Continual Policy Distillation of Reinforcement Learning-based Controllers for Soft Robotic In-Hand Manipulation
Lanpei Li, Enrico Donato, Vincenzo Lomonaco, Egidio Falotico
TL;DR
The paper addresses the challenge of creating a single versatile controller for in-hand manipulation with soft robots across diverse objects while mitigating catastrophic forgetting. It introduces Continual Policy Distillation (CPD), which distills policies from multiple object-specific experts into a unified student policy using exemplar-based rehearsal within a continual learning framework. The authors evaluate offline distillation loss functions and replay strategies, finding KL loss performs best, and demonstrate that CPD can achieve adaptive manipulation across shapes with reduced training time and preserved prior knowledge. Practically, CPD offers a privacy-conscious, memory-efficient path toward deploying soft robotic manipulation controllers capable of handling a wide range of objects in real-world settings.
Abstract
Dexterous manipulation, often facilitated by multi-fingered robotic hands, holds solid impact for real-world applications. Soft robotic hands, due to their compliant nature, offer flexibility and adaptability during object grasping and manipulation. Yet, benefits come with challenges, particularly in the control development for finger coordination. Reinforcement Learning (RL) can be employed to train object-specific in-hand manipulation policies, but limiting adaptability and generalizability. We introduce a Continual Policy Distillation (CPD) framework to acquire a versatile controller for in-hand manipulation, to rotate different objects in shape and size within a four-fingered soft gripper.

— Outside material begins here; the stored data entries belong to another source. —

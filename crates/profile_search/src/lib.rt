// Profiles in the lent area, found breadth first: those of one transition, and then each profile followed by each of these.
#![tactic(auto)]

ghost use Rattle.std.specs.Prelude.{◌≡◌, [], ◌∷◌, ℕ, ◌+◌, ◌*◌, ◌≤◌, ◌<◌, length, get_or};
ghost use Rattle.base.specs.Spread.{seen};
ghost use Rattle.profile_tables.specs.Runs.{same_profile, follow, longer, layer, singles_of, singles};
ghost use Rattle.tableau.specs.Operators.{operators};
ghost use Rattle.triples.specs.Inner.{triples_in};
ghost use Rattle.profile_search.specs.Stored.{two, profile_of, found_of, record_start, record_of, stored, Rising, FirstParted};
ghost use Rattle.profile_search.specs.Stored.{HeaderFits, HeaderOf, StoreFits};
ghost use Rattle.profile_search.specs.Stored.{BytesBetween, bits_of, row_of, mixed, mixed_row, bucket_of, bucket_at};
ghost use Rattle.profile_search.specs.Stored.{link_of, Latest, Chained, StoreChained};
ghost use Rattle.profile_search.specs.Stored.{GrownTo, AddedTo, TwoWithin};
ghost use Rattle.profile_search.specs.Singles.{node_in, nodes_in, singles_by, SearchInput, NodeReady, ChoiceReady};

mod placed;

pub use placed::Store;
use tableau::{Core, NodeNumber};
use traces::RankedTableau;

// A profile's nodes, the number of the profile that it goes on from, if it does, and its last letter.
#[derive(Clone, Copy)]
pub struct Header {
    pub first: NodeNumber,
    pub last: NodeNumber,
    pub parent: Option<usize>,
    pub letter: u16,
}

// Where a transition starts: a node, by its number and its set, and the choice word.
#[derive(Clone, Copy)]
struct Source {
    number: NodeNumber,
    set: u64,
    word: u64,
}

// Where record p begins.
pub fn record_start(store: Store, p: usize) -> usize
    requires { p ≤ 4096 }
    ensures { result ≡ record_start store p }
{
    store.base + 192 * p
}

// The number at an offset of record p.
fn get2(area: &[u8], store: Store, p: usize, offset: usize) -> usize
    requires { TwoWithin store p offset (length area.now) }
    ensures { (result ≡ two area.now (record_start store p + offset)) × (result < 65536) }
{
    base::number_at(area, record_start(store, p) + offset, 2) as usize
}

// The header of record p.
pub fn header_of(area: &[u8], store: Store, p: usize) -> Header
    requires store_fits { StoreFits store (length area.now) }
    requires p_lt_capacity { p < store.capacity }
    ensures { HeaderOf (record_of store area.now p) result }
{
    Header {
        first: NodeNumber(get2(area, store, p, 144)),
        last: NodeNumber(get2(area, store, p, 146)),
        parent: linked(area, store, p, 148),
        letter: get2(area, store, p, 150) as u16,
    }
}

// Puts a number at an offset of record p.
fn put2(area: &mut [u8], store: Store, p: usize, offset: usize, x: usize)
    requires two_within { TwoWithin store p offset (length area.old) }
    requires x_bound { x < 65536 }
    ensures offset_after { two area.new (record_start store p + offset) ≡ x }
    ensures bytes_between { BytesBetween (record_start store p + offset) (record_start store p + offset + 2) area.old
        area.new }
{
    base::put_number(area, record_start(store, p) + offset, 2, x as u64);
}

// The triples of a record. A loop of fixed length: copy_from_slice would make the archive for C need memmove.
fn store_triples(area: &mut [u8], at: usize, t: &[u8; 144])
    requires { at + 144 ≤ length area.old }
    ensures by_index { (i : ℕ) → i < 144 → get_or area.new (at + i) 0 ≡ get_or t.now i 0 }
    ensures bytes_between { BytesBetween at (at + 144) area.old area.new }
{
    for i in 0..144 {
        area[at + i] = t[i];
    }
}

// Writes record p.
fn write(area: &mut [u8], store: Store, p: usize, header: Header, t: &[u8; 144])
    requires store_fits { StoreFits store (length area.old) }
    requires p_lt_capacity { (p < store.capacity) × HeaderFits header }
    ensures p_after { record_of store area.new p ≡ found_of header (triples_in store.n t.now) }
    ensures bytes_between { BytesBetween (record_start store p) (record_start store p + 152) area.old area.new }
{
    store_triples(area, record_start(store, p), t);
    put2(area, store, p, 144, header.first.0);
    put2(area, store, p, 146, header.last.0);
    put2(area, store, p, 148, link(header.parent));
    put2(area, store, p, 150, usize::from(header.letter));
}

// Whether record p is this profile.
fn same_profile(area: &[u8], store: Store, p: usize, header: Header, t: &[u8; 144]) -> bool
    requires store_fits { StoreFits store (length area.now) }
    requires p_lt_capacity { p < store.capacity }
    ensures { result ≡ same_profile (record_of store area.now p).at
        (profile_of header (triples_in store.n t.now)) }
{
    let e = header_of(area, store, p);
    if e.first.0 != header.first.0 {
        return false;
    }
    if e.last.0 != header.last.0 {
        return false;
    }
    triples::same_triples(area, record_start(store, p), t, store.n)
}

// One byte more into a row's sum. A row has at most 12, whose sum is below 2^42, so it is taken modulo 2^32 once a row.
fn mix(sum: usize, x: u8) -> usize
    requires { sum < 4398046511104 }
    ensures { result ≡ mixed sum (bits_of x) }
{
    sum * 8 + usize::from(x)
}

// The bytes of row f into a hash, modulo 2^32: the factor, a prime near 2^32 over the golden ratio, spreads them and what came before. One
// product for a row, since each waits for the one before it.
fn mix_row(h: usize, t: &[u8; 144], n: usize, f: usize) -> usize
    requires { (n ≤ 12) × ((f < n) × (h < 4294967296)) }
    ensures { (result < 4294967296) × (result ≡ mixed_row h (row_of t.now n f)) }
{
    let mut sum = 0;
    for g in 0..n {
        sum = mix(sum, t[f * 12 + g]);
    }
    (h + sum) % 0x1_0000_0000 * 0x9e3779b1 % 0x1_0000_0000
}

// The bucket of a profile: a hash of its nodes and its triples.
fn bucket(store: Store, header: Header, t: &[u8; 144]) -> usize
    requires { HeaderFits header }
    ensures { (result ≡ bucket_of store (profile_of header (triples_in store.n t.now))) × (result < store.capacity) }
{
    let n = store.n;
    let mut h = header.first.0 + header.last.0 * 65536;
    for f in 0..n {
        h = mix_row(h, t, n, f);
    }
    h / 65536 % store.capacity
}

// The record that an offset of record p leads to, if it leads to one.
fn linked(area: &[u8], store: Store, p: usize, offset: usize) -> Option<usize>
    requires { TwoWithin store p offset (length area.now) }
    ensures { (link_of result ≡ two area.now (record_start store p + offset)) × (link_of result < 65536) }
{
    get2(area, store, p, offset).checked_sub(1)
}

// The number by which a record leads to that one, if it leads to one.
fn link(to: Option<usize>) -> usize
    requires { link_of to < 65536 }
    ensures { result ≡ link_of to }
{
    to.map_or(0, |p| p + 1)
}

// The last record in bucket k, if there is one. The area was not cleared: what stands there counts only if it leads to a record of this
// bucket.
fn head(area: &[u8], store: Store, count: usize, k: usize) -> Option<usize>
    requires store_chained { StoreChained store area.now count }
    requires k_lt_capacity { k < store.capacity }
    ensures { Latest (bucket_at store area.now) k count (link_of result) }
{
    let p = linked(area, store, k, 156)?;
    if count <= p || get2(area, store, p, 152) != k {
        return None;
    }
    Some(p)
}

// Whether one of the records is this profile, whose bucket is k.
fn known(area: &[u8], store: Store, count: usize, k: usize, header: Header, t: &[u8; 144]) -> bool
    requires store_chained { StoreChained store area.now count }
    requires k_lt_capacity { k < store.capacity }
    requires k_value { k ≡ bucket_of store (profile_of header (triples_in store.n t.now)) }
    ensures { result ≡ seen same_profile (profile_of header (triples_in store.n t.now))
        (stored store area.now count) }
{
    let mut at = head(area, store, count, k);
    while let Some(p) = at {
        if same_profile(area, store, p, header, t) {
            return true;
        }
        at = linked(area, store, p, 154);
    }
    false
}

// Puts record count, which is written and whose bucket is k, at the head of this bucket's chain.
fn chain(area: &mut [u8], store: Store, count: usize, k: usize)
    requires store_chained { StoreChained store area.old count }
    requires count_lt_capacity { (count < store.capacity) × (k < store.capacity) }
    requires k_value { k ≡ bucket_of store (record_of store area.old count).at }
    ensures chained { Chained store area.new (count + 1) }
    ensures by_index { (p : ℕ) → record_of store area.new p ≡ record_of store area.old p }
    ensures bytes_between { BytesBetween store.base (record_start store store.capacity) area.old area.new }
{
    let before = link(head(area, store, count, k));
    put2(area, store, count, 152, k);
    put2(area, store, count, 154, before);
    put2(area, store, k, 156, count + 1);
}

// How many profiles there are once this one is, or `None` where there is no room for it.
fn add(area: &mut [u8], store: Store, count: usize, header: Header, t: &[u8; 144]) -> Option<usize>
    requires store_chained { StoreChained store area.old count }
    requires header_fits { HeaderFits header }
    ensures { AddedTo store count area.old result area.new
        (found_of header (triples_in store.n t.now) ∷ []) }
{
    let k = bucket(store, header, t);
    if known(area, store, count, k, header, t) {
        return Some(count);
    }
    if store.capacity <= count {
        return None;
    }
    write(area, store, count, header, t);
    chain(area, store, count, k);
    Some(count + 1)
}

// Adds the profile of the transition that starts there, if there is one.
fn single(
    ranked: &RankedTableau,
    store: Store,
    area: &mut [u8],
    nodes: usize,
    unmet: &[u64; 24],
    core: Core,
    from: Source,
    count: usize,
) -> Option<usize>
    requires node_ready { NodeReady ranked.now.tableau.now.table.rows ranked.now.tableau.now.table.count store nodes area.old
        from.number.0 count }
    requires choice_ready { ChoiceReady ranked.now.tableau.now.table.rows ranked.now.tableau.now.table.count area.old unmet.now core from }
    ensures { AddedTo store count area.old result area.new
        (singles_by (operators ranked.now.tableau.now) (nodes_in ranked.now.tableau.now.table.count area.old nodes) from.number.0
        (node_in ranked.now.tableau.now.table.count area.old from.number.0) from.word) }
{
    let Some(target) = ranked.tableau.by_word(unmet, core, from.word) else {
        return Some(count);
    };
    let Some(last) = tableau::find(area, nodes, target.to) else {
        return Some(count);
    };
    let choice = ranked.tableau.choice_of(from.word);
    let t = ranked.triples_of(choice, from.set);
    let header = Header {
        first: from.number,
        last,
        parent: None,
        letter: letters::letter_of(target.required),
    };
    add(area, store, count, header, &t)
}

// Adds the profiles of the transitions of a node, by rising choice word.
fn singles_of(
    ranked: &RankedTableau,
    store: Store,
    area: &mut [u8],
    nodes: usize,
    number: NodeNumber,
    count: usize,
) -> Option<usize>
    requires { NodeReady ranked.now.tableau.now.table.rows ranked.now.tableau.now.table.count store nodes area.old number.0 count }
    ensures { AddedTo store count area.old result area.new
        (singles_of (operators ranked.now.tableau.now) (nodes_in ranked.now.tableau.now.table.count area.old nodes) number.0
        (node_in ranked.now.tableau.now.table.count area.old number.0)) }
{
    let set = tableau::node(area, number);
    let core = ranked.tableau.core_of(set);
    let unmet = ranked.tableau.unmet(set);
    let end = base::power(ranked.tableau.ors());
    let mut all = count;
    for word in 0..end {
        let from = Source { number, set, word };
        all = single(ranked, store, area, nodes, &unmet, core, from, all)?;
    }
    Some(all)
}

// The profiles of one transition, of all nodes but the root in order; how many, or `None` where there is no room for them.
pub fn singles(ranked: &RankedTableau, store: Store, area: &mut [u8], nodes: usize) -> Option<usize>
    requires { SearchInput ranked.now.tableau.now.table.rows ranked.now.tableau.now.table.count store nodes area.old }
    ensures { GrownTo store 0 area.old result area.new
        (singles (operators ranked.now.tableau.now) (nodes_in ranked.now.tableau.now.table.count area.old nodes)) }
{
    let mut all = 0;
    for i in 1..nodes {
        all = singles_of(ranked, store, area, nodes, NodeNumber(i), all)?;
    }
    Some(all)
}

// Adds profile p followed by profile q of one transition.
fn longer(area: &mut [u8], store: Store, p: usize, q: usize, count: usize) -> Option<usize>
    requires store_chained { StoreChained store area.old count }
    requires p_lt_count { (p < count) × (q < count) }
    ensures { AddedTo store count area.old result area.new
        (follow store.n p (record_of store area.old p) (record_of store area.old q)) }
{
    let a = header_of(area, store, p);
    let b = header_of(area, store, q);
    if a.last.0 != b.first.0 {
        return Some(count);
    }
    let x = triples::copied(area, record_start(store, p));
    let y = triples::copied(area, record_start(store, q));
    let t = triples::joined(&x, &y, store.n);
    let header = Header {
        first: a.first,
        last: b.last,
        parent: Some(p),
        letter: b.letter,
    };
    add(area, store, count, header, &t)
}

// How many of the first `singles` records, which stand by rising first node, begin before a node.
fn begin_before(area: &[u8], store: Store, singles: usize, node: NodeNumber) -> usize
    requires store_fits { StoreFits store (length area.now) }
    requires singles_le_capacity { singles ≤ store.capacity }
    requires rising { Rising store area.now singles }
    ensures { FirstParted store area.now singles node.0 result }
{
    let mut low = 0;
    let mut high = singles;
    while low < high {
        let middle = (low + high) / 2;
        let e = header_of(area, store, middle);
        if e.first.0 < node.0 {
            low = middle + 1;
        } else {
            high = middle;
        }
    }
    low
}

// Adds profile p followed by each of the `singles` profiles of one transition: those that begin where it ends stand together.
fn extend(area: &mut [u8], store: Store, p: usize, singles: usize, count: usize) -> Option<usize>
    requires store_chained { StoreChained store area.old count }
    requires rising { Rising store area.old singles }
    requires p_lt_count { (p < count) × (singles ≤ count) }
    ensures { AddedTo store count area.old result area.new
        (longer store.n (stored store area.old singles) p (record_of store area.old p)) }
{
    let e = header_of(area, store, p);
    let end = begin_before(area, store, singles, NodeNumber(e.last.0 + 1));
    let first = begin_before(area, store, singles, e.last);
    let mut all = count;
    for q in first..end {
        all = longer(area, store, p, q, all)?;
    }
    Some(all)
}

// Adds what the profiles from number `from` up to number `to` lead to: where these are all of runs of one length, the profiles of runs that
// are longer by one. How many there are then, or `None` where there is no room for them.
pub fn layer(area: &mut [u8], store: Store, from: usize, to: usize, singles: usize) -> Option<usize>
    requires store_chained { StoreChained store area.old to }
    requires rising { Rising store area.old singles }
    requires from_le_to { (from ≤ to) × (singles ≤ to) }
    ensures { GrownTo store to area.old result area.new
        (layer store.n (stored store area.old singles) from to (stored store area.old to)) }
{
    let mut all = to;
    for p in from..to {
        all = extend(area, store, p, singles, all)?;
    }
    Some(all)
}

The framework leverages Policy Distillation (PD) to transfer knowledge from expert policies to a continually evolving student policy network. Exemplar-based rehearsal methods are then integrated to mitigate catastrophic forgetting and enhance generalization. The performance of the CPD framework over various replay strategies demonstrates its effectiveness in consolidating knowledge from multiple experts and achieving versatile and adaptive behaviours for in-hand manipulation tasks.